Bob Fasano of Ladder Co. 150 in Queens, an instructor at the FDNY's medical-training facility at Fort Totten, was teaching a class of firefighters last month when he jabbed himself in the thumb with the Mark 1 automatic injector, officials said.

Paramedics rushed Fasano out in a folding chair attached to an oxygen tank. He was taken to New York Hospital in Queens, where he was treated and released.

"He had absolutely no effects whatsoever," said J.P. Martin, the FDNY's chief of EMS training.

Luckily, he said, the drug atropine - meant for nerve-agent poisoning - had expired and lost its potency.

Martin said Fasano was demonstrating the "auto-injector," which has a trigger that automatically inoculates a patient stricken by sarin or other chemical agents. Ambulances carry dozens of doses in case of a terrorist attack. But Fasano apparently held the device upside down, so the sharp end was pointed toward his thumb; when he touched the trigger, it stuck him, Martin said.
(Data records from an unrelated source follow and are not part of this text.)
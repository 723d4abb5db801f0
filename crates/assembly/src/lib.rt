// An assembly: its blocks and placements, and what is wrong with a placement, 17 to 19, 23 and 24. Crate shelf tests all of them over a book.
#![tactic(auto)]

ghost use Rattle.std.specs.Prelude.{◌≡◌, ◌&&◌, cond, ◌+◌, ◌*◌, ◌^◌, ◌<◌, ◌≤◌, eqb, length, take};
ghost use Rattle.records.specs.Bytes.{PartOf, byte_at, le16};
ghost use Rattle.records.specs.Records.{block_kind, assembly_kind};
ghost use Rattle.assembly.specs.Book.{find, is_numbered};
ghost use Rattle.assembly.specs.Placements.{placement_at, joins_on, join_on, is_full, first_fault, parent_fault, join_fault};
ghost use Rattle.assembly.specs.Work.{own_on};

use block::LIMIT;
use records::{ASSEMBLY, BLOCK, byte_at, le16_at, part};
use reply::is_outside;

// The most blocks of a book, and the most placements.
pub const BLOCKS: usize = 16;

pub const PLACEMENTS: usize = 32;

// The bytes before a block's bonds in its payload, and of a bond; those before an assembly's placements, and of a placement.
pub const BLOCK_HEAD: usize = BLOCK.fixed as usize;

pub const BOND_BYTES: usize = BLOCK.item as usize;

const ASSEMBLY_HEAD: usize = ASSEMBLY.fixed as usize;

pub const PLACEMENT_BYTES: usize = ASSEMBLY.item as usize;

// The largest number that a block can have.
const LARGEST_NUMBER: usize = u16::MAX as usize;

// Where a block stands: its number, the first byte of its payload, its atoms and its bonds.
#[derive(Clone, Copy, Debug, PartialEq, Eq)]
pub struct BlockAt {
    pub number: u16,
    pub start: u16,
    pub atoms: u16,
    pub bonds: u16,
}

// An empty place: 0 is no block's number.
pub const NO_BLOCK: BlockAt = BlockAt {
    number: 0,
    start: 0,
    atoms: 0,
    bonds: 0,
};

// The blocks of a book, as many as are counted, then empty places.
pub type BlockTable = [BlockAt; BLOCKS];

// A placement: the number of its block, the placement that it joins (from 1), that one's atom, and its own atom.
#[derive(Clone, Copy, Debug, PartialEq, Eq)]
pub struct Placement {
    pub block: u16,
    pub parent: u16,
    pub site: u8,
    pub own: u8,
}

// What an assembly asks of a block at one of its atoms: how many atoms the block has, and how many of its bonds are at this one.
#[derive(Clone, Copy, Debug, PartialEq, Eq)]
pub struct JoinSite {
    pub atoms: usize,
    pub ends: usize,
}

// Whether a block's number is the one looked for, compared in its 16 bits.
fn same_number(x: u16, number: usize) -> bool
    ensures { result ≡ eqb x number }
{
    if LARGEST_NUMBER < number {
        return false;
    }
    x == (number as u16)
}

// Which of the first `count` blocks has a number; one of no atoms where none has.
pub fn find_block(blocks: BlockTable, count: usize, number: usize) -> BlockAt
    ensures { result ≡ find (take count blocks) number }
{
    for i in 0..BLOCKS {
        if count <= i {
            return NO_BLOCK;
        }
        let b = blocks[i];
        if same_number(b.number, number) {
            return b;
        }
    }
    NO_BLOCK
}

// Whether a block that was looked for has the number: 0 is no block's.
pub fn is_numbered(b: BlockAt, number: usize) -> bool
    ensures { result ≡ is_numbered b number }
{
    if number == 0 {
        return false;
    }
    (b.number as usize) == number
}

// The part that holds a block's bonds.
pub fn bonds_part(d: &[u8], b: BlockAt) -> &[u8]
    ensures { PartOf d.entry (b.start + block_kind.fixed) (block_kind.item * b.bonds) result }
{
    let start = b.start as usize;
    if d.len() < start {
        return part(d, start, 0);
    }
    part(d, start + BLOCK_HEAD, BOND_BYTES * (b.bonds as usize))
}

// Two bytes that are there: nothing is tested between their reads.
fn two_at(xs: &[u8], at: usize) -> u16
    requires { (at < 2 ^ 63) × (at + 2 ≤ length xs.now) }
    ensures { result ≡ le16 xs.now at }
{
    let low = xs[at];
    let high = xs[at + 1];
    pair(low, high)
}

fn pair(low: u8, high: u8) -> u16
    ensures { result ≡ low + 256 * high }
{
    (low as u16) + 256 * (high as u16)
}

// The placement at an index from 0 of an assembly's payload.
pub fn placement_at(xs: &[u8], k: usize) -> Placement
    ensures { result ≡ placement_at xs.now k }
{
    if xs.len() / PLACEMENT_BYTES < k {
        return Placement {
            block: 0,
            parent: 0,
            site: 0,
            own: 0,
        };
    }
    let at = ASSEMBLY_HEAD + PLACEMENT_BYTES * k;
    if at + PLACEMENT_BYTES <= xs.len() {
        return Placement {
            block: two_at(xs, at),
            parent: two_at(xs, at + 2),
            site: xs[at + 4],
            own: xs[at + 5],
        };
    }
    Placement {
        block: le16_at(xs, at),
        parent: le16_at(xs, at + 2),
        site: byte_at(xs, at + 4),
        own: byte_at(xs, at + 5),
    }
}

// 1 where both hold.
fn one_if(x: bool, y: bool) -> usize
    ensures { (result ≡ cond (x && y) 1 0) × (result ≤ 1) }
{
    if x {
        if y {
            return 1;
        }
    }
    0
}

// Whether the join of a placement that is all there, from a byte on, is on atom a of placement number p by its parent's side.
fn is_on(xs: &[u8], at: usize, p: u16, a: u8) -> bool
    requires { at + assembly_kind.item ≤ length xs.now }
    ensures { result ≡ (eqb (le16 xs.now (at + 2)) p && eqb (byte_at xs.now (at + 4)) a) }
{
    if two_at(xs, at + 2) != p {
        return false;
    }
    xs[at + 4] == a
}

// How many of the joins at the indices 1 to `last` are on atom a of placement number p by their own side: p's own join, if it is one of them.
fn own_on(xs: &[u8], last: usize, p: u16, a: u8) -> usize
    ensures { (result ≡ own_on (join_on (placement_at xs.now)) last p a) × (result ≤ 1) }
{
    if p == 0 {
        return 0;
    }
    let k = (p as usize) - 1;
    if is_outside(last, k) {
        return 0;
    }
    one_if(true, placement_at(xs, k).own == a)
}

// How many ends these joins, which are within the bytes, have at atom a of placement number p.
fn joins_on(xs: &[u8], last: usize, p: u16, a: u8) -> usize
    requires { assembly_kind.fixed + assembly_kind.item * (last + 1) ≤ length xs.now }
    ensures { (result ≡ joins_on (join_on (placement_at xs.now)) last p a) × (result ≤ last + 1) }
{
    let mut total = own_on(xs, last, p, a);
    for k in 0..last {
        if is_on(xs, ASSEMBLY_HEAD + PLACEMENT_BYTES * (k + 1), p, a) {
            total += 1;
        }
    }
    total
}

// Whether atom a of placement number p, which has some bonds in its block, has as many as it may, before the placement at index k is joined.
fn is_full(ends: usize, xs: &[u8], k: usize, p: u16, a: u8) -> bool
    requires { assembly_kind.fixed + assembly_kind.item * k ≤ length xs.now }
    ensures { result ≡ is_full ends (join_on (placement_at xs.now)) k p a }
{
    if LIMIT <= ends {
        return true;
    }
    if k == 0 {
        return false;
    }
    LIMIT <= ends + joins_on(xs, k - 1, p, a)
}

// What is wrong with the first placement's join fields: 17, or 0.
pub fn first_fault(q: Placement) -> usize
    ensures { result ≡ first_fault q }
{
    if q.parent != 0 {
        return 17;
    }
    if q.site != 0 {
        return 17;
    }
    if q.own != 0 {
        return 17;
    }
    0
}

// What is wrong with a later placement's parent that is none of the earlier placements: 23 where it is 0, else 24.
pub fn parent_fault(parent: usize) -> usize
    ensures { result ≡ parent_fault parent }
{
    if parent == 0 {
        return 23;
    }
    24
}

// What is wrong with the join at index k, from `here` to `there`: 18, 19, or 0.
pub fn join_fault(there: JoinSite, here: JoinSite, xs: &[u8], k: usize) -> usize
    ensures { result ≡ join_fault there here (join_on (placement_at xs.now)) k }
{
    let q = placement_at(xs, k);
    if is_outside(there.atoms, q.site as usize) {
        return 18;
    }
    if is_outside(here.atoms, q.own as usize) {
        return 18;
    }
    if is_full(there.ends, xs, k, q.parent, q.site) {
        return 19;
    }
    if LIMIT <= here.ends {
        return 19;
    }
    0
}
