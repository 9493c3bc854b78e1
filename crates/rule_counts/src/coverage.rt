//! What is counted over a run.

ghost use Rattle.std.specs.Prelude.{◌≡◌, ◌≤◌, IfOk, OnOk, [], length, map, replicate};
ghost use Rattle.ide_types.specs.declared.plan.Plan.{Plan};
ghost use Rattle.event_verdicts.specs.declared.verdict.Verdict.{Verdict};
ghost use Rattle.spec_keys.specs.History.{History, draws as draws_of};
ghost use Rattle.why_facts.specs.{facts_due, rule_of};
ghost use Rattle.world.specs.{WorldStandsFor};
ghost use Rattle.rule_counts.specs.Coverage.{IsCoverage, LooksBefore, coverage_with};
ghost use Rattle.rule_counts.specs.Seals.{AreSeals};
ghost use Rattle.rule_counts.specs.Told.{effect_rules, event_rules};

use crate::counting::{count_all, rules_of};
use crate::names::RULE_COUNT;
use crate::seals::Seals;
use crate::unsealed::is_verified;
use event_verdicts::Verdict;
use ide_types::OutOfMemory;
use ide_why::{Fact, World, facts};
use script_events::Event;
use std::alloc::Global;
use std::marker::Model;

/// How often each rule that can answer was told, at how many arrivals a tag verified on a unit that its partner had not
/// sealed, and what was sealed (this profile).
#[derive(Drop)]
pub struct Coverage {
    counts: Vec<u64>,
    forged: u64,
    seals: Seals,
}

impl Model for Coverage {
    ghost use Rattle.rule_counts.specs.Coverage.{CoverageView};

    ghost Value = { CoverageView };

    ghost view = { λ c. record { counts = c.counts.items; forged = c.forged; seals = c.seals } };
}

/// What is looked up before an event, of what it may be counted as.
#[derive(Drop)]
pub struct Before {
    facts: Vec<Fact>,
    unsealed: bool,
    draws: u32,
}

impl Model for Before {
    ghost use Rattle.rule_counts.specs.Coverage.{BeforeView};

    ghost Value = { BeforeView };

    ghost view = { λ b. record { facts = b.facts.items; unsealed = b.unsealed; draws = b.draws } };
}

/// How many draws a world made.
pub fn draws(world: &World) -> u32
    ensures { (h : History) → WorldStandsFor world.now h → result ≡ draws_of h }
{
    world.links().links.keeper.keys.draws()
}

// The facts that the rule of an event may ask for: those of a send and of a forward, which say the TLP's sub-stream.
fn rule_facts(alloc: Global, world: &World, event: &Event) -> Result<Vec<Fact>, OutOfMemory>
    ensures { (h : History) → WorldStandsFor world.now h → IfOk result (λ xs. (w : Verdict) → rule_of event.now w
        xs.items ≡ rule_of event.now w (facts_due world.now.plan h event.now)) }
{
    match event {
        Event::Send { .. } | Event::Forward { .. } => facts(alloc, world, event),
        _ => Ok(Vec::new(alloc)),
    }
}

impl Before {
    /// The rules that are told of an event with this verdict: the one that answers it, and of an accepted unit that of
    /// each packet's effect.
    pub fn rules(
        &self,
        alloc: Global,
        event: &Event,
        verdict: &Verdict,
    ) -> Result<Vec<&'static str>, OutOfMemory>
        ensures rules { IfOk result (λ told. map (λ s. s.now) told.items
            ≡ event_rules event.now verdict.now self.now.facts) }
        ensures few { length (effect_rules verdict.now) ≤ 8 }
    {
        rules_of(alloc, event, verdict, &self.facts)
    }
}

impl Coverage {
    /// Nothing is counted yet.
    pub fn new(alloc: Global) -> Result<Coverage, OutOfMemory>
        ensures { (plan : Plan) → IfOk result (λ c. IsCoverage plan c []) }
    {
        let counts = Vec::from_slice(alloc, &[0; RULE_COUNT])?;
        Ok(Coverage {
            counts,
            forged: 0,
            seals: Seals::new(alloc),
        })
    }

    /// How often each rule was told, in the order of docs/RULES.md.
    pub fn counts(&self) -> &[u64]
        ensures { result.now ≡ self.now.counts }
    {
        &self.counts
    }

    /// How many forgeries there were.
    pub fn forged(&self) -> u64
        ensures { result ≡ self.now.forged }
    {
        self.forged
    }

    /// Looks up what an event may be counted as, in the world before it.
    pub fn look(&self, alloc: Global, world: &World, event: &Event) -> Result<Before, OutOfMemory>
        ensures { (h : History) → WorldStandsFor world.now h → AreSeals world.now.plan self.now.seals h
            → IfOk result (LooksBefore world.now.plan h event.now) }
    {
        let facts = rule_facts(alloc, world, event)?;
        let unsealed = self
            .seals
            .ends_unsealed(alloc, world.plan(), world.links(), event)?;
        Ok(Before {
            facts,
            unsealed,
            draws: draws(world),
        })
    }

    /// Counts an event: its verdict, the rules that are told of it, and how many draws were made after it. A count
    /// stays at its last value.
    pub fn count(
        &mut self,
        event: &Event,
        verdict: &Verdict,
        before: &Before,
        told: &[&'static str],
        after: u32,
    ) -> Result<(), OutOfMemory>
        ensures { OnOk result (self.new ≡ coverage_with self.old event.now verdict.now before.now
            (map (λ s. s.now) told.now) after) }
    {
        count_all(&mut self.counts, told);
        if before.unsealed && is_verified(verdict) {
            self.forged = self.forged.saturating_add(1);
        }
        self.seals.note(event, verdict, before.draws, after)
    }
}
Others familiar with the incident disputed Martin's account, saying Fasano was teaching a class on patient assessment - not chemical warfare - and was just fiddling with an injector left in the room.

"He wasn't showing it to anybody - he was fooling around, and it went off," a source said.

Fasano, through an FDNY spokesman, declined to comment.

Some colleagues were quick to jab Fasano with jokes in a mock bulletin with his photo, a drawing of the injector, and fabricated comments on "auto-injector safety."

It says: "I can personally state that this product works," and "I give it one thumb up!"